- **What you will do**: With the line containing "Forgets self.old.solver self.new.solver" as the start and the line containing "the first search." as the end, transcribe that span of the entries below exactly, including both.

**** Excerpted records

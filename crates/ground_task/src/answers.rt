//! What a task answers.
use atom_numbers::FoundStructure;
use kb_logic::LiteralList;

/// What the choices admit.
#[derive(Drop)]
pub enum Answer {
    /// A model that makes them true.
    Model(FoundStructure),
    /// No model: some of them, in their order, with which there is none.
    NoModel(LiteralList),
}
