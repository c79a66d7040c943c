//! Laws of the names in a file.
ghost use Rattle.reading_laws.specs.Words.{DataAreWords, NamesAreWords};

/// The names that an accepted file declares are words that are read and not reserved.
pub fn names_are_words()
    ensures { NamesAreWords }
{}

/// So are the names of its structures, and of the elements of the domains that an accepted structure gives.
pub fn data_are_words()
    ensures { DataAreWords }
{}
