//! What the solver of a task keeps from one search to the next.
ghost use Rattle.std.specs.Prelude.{◌≡◌, length, IfOk, MatchOption};
ghost use Rattle.kb_logic.specs.Bases.{Base};
ghost use Rattle.clause_learning.specs.SolverState.{Forgets};
ghost use Rattle.ground_core.specs.Solving.{HasCoreWithin};
ghost use Rattle.search_log.specs.Entries.{AreEntries};
ghost use Rattle.ground_task.specs.Tasks.{IsTaskOf};

use crate::task::Task;
use chooser::Choose;
use clause_learning::Solver;
use kb_logic::Memory;
use lit_core::{ClauseList, Lit};

impl<C: Choose + Drop> Task<Solver<C>> {
    /// The clauses that were learnt, in their order. Each follows from the problem and those before it.
    pub fn learnt(&self) -> &ClauseList
        ensures { result.now ≡ self.now.solver.kept.learnt }
    {
        self.solver.learnt()
    }

    /// How many searches were begun.
    pub fn searches(&self) -> u64
        ensures { result ≡ self.now.solver.kept.searches }
    {
        self.solver.searches()
    }

    /// How many bounds and exclusions were added.
    pub fn addition_count(&self) -> usize
        ensures { result ≡ length self.now.solver.kept.additions }
    {
        self.solver.addition_count()
    }

    /// Has the solver make ready for many searches, unless it made none yet: this takes as long as some eight of them
    /// and halves each, so that a task of one search goes without. Where memory runs out searches go on as before.
    pub fn make_ready(&mut self)
        ensures { self.new ≡ self.old }
    {
        if self.solver.searches() > 0 {
            let _ = self.solver.prepare();
        }
    }

    /// Gives up what was learnt, and what was found to have no model. It stays a task of the same knowledge bases.
    pub fn forget(&mut self)
        ensures forgotten { Forgets self.old.solver self.new.solver }
        ensures numbers { self.new.numbers ≡ self.old.numbers }
        ensures task { (base : Base) → IsTaskOf base self.old.numbers self.old.solver.kept.problem
            → IsTaskOf base self.new.numbers self.new.solver.kept.problem }
    {
        self.solver.forget();
    }

    /// From now on the solver tells what it derives, as entries of a log. To be called before the first search.
    pub fn keep_log(&mut self) -> Result<(), Memory>
        ensures { self.new ≡ self.old }
    {
        self.solver.keep_log()
    }

    /// The texts of the entries that the solver left since they were given up: those of its search, no marks and no
    /// claims.
    pub fn entries(&self) -> &[u8]
        ensures { AreEntries result.now }
    {
        self.solver.entries()
    }

    /// Gives these up.
    pub fn clear_entries(&mut self)
        ensures kept { self.new.solver.kept ≡ self.old.solver.kept }
        ensures numbers { self.new.numbers ≡ self.old.numbers }
    {
        self.solver.clear_entries();
    }

    /// The number that the log has for a clause by which the literals are not all true, where a core is among them.
    pub fn clause_of(&self, lits: &[Lit]) -> Result<Option<u64>, Memory>
        ensures { IfOk result (λ found. MatchOption found (HasCoreWithin self.now.solver.kept.cores lits.now → ⊥)
            (λ number. HasCoreWithin self.now.solver.kept.cores lits.now)) }
    {
        self.solver.clause_of(lits)
    }

    /// The selector of the bound that was added last.
    pub fn last_bound(&self) -> Option<Lit> {
        self.solver.last_bound()
    }
}
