//! What the tests of cells and tuples mean.
ghost use Rattle.reading_laws.specs.CellLaws.{
  CoveredIsEach,
  ListedAreAmong,
  ListedAreCounted,
  ListedAreDistinct,
  MissedIsSome,
  SharedIsSome,
};

/// An element is among some cells exactly where it is listed.
pub fn listed_are_among()
    ensures { ListedAreAmong }
{}

/// The listed elements are distinct.
pub fn listed_are_distinct()
    ensures { ListedAreDistinct }
{}

/// As many elements are counted as are listed.
pub fn listed_are_counted()
    ensures { ListedAreCounted }
{}

/// A cell is covered exactly where each of its elements is among the others.
pub fn covered_is_each()
    ensures { CoveredIsEach }
{}

/// Two cells share exactly where an element of one is in the other.
pub fn shared_is_some()
    ensures { SharedIsSome }
{}

/// A function misses a tuple exactly where some tuple over the domains has no row.
pub fn missed_is_some()
    ensures { MissedIsSome }
{}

********

- **Solution to this exercise**:
        ensures forgotten { Forgets self.old.solver self.new.solver }
        ensures numbers { self.new.numbers ≡ self.old.numbers }
        ensures task { (base : Base) → IsTaskOf base self.old.numbers self.old.solver.kept.problem
            → IsTaskOf base self.new.numbers self.new.solver.kept.problem }
    {
        self.solver.forget();
    }

    /// From now on the solver tells what it derives, as entries of a log. To be called before the first search.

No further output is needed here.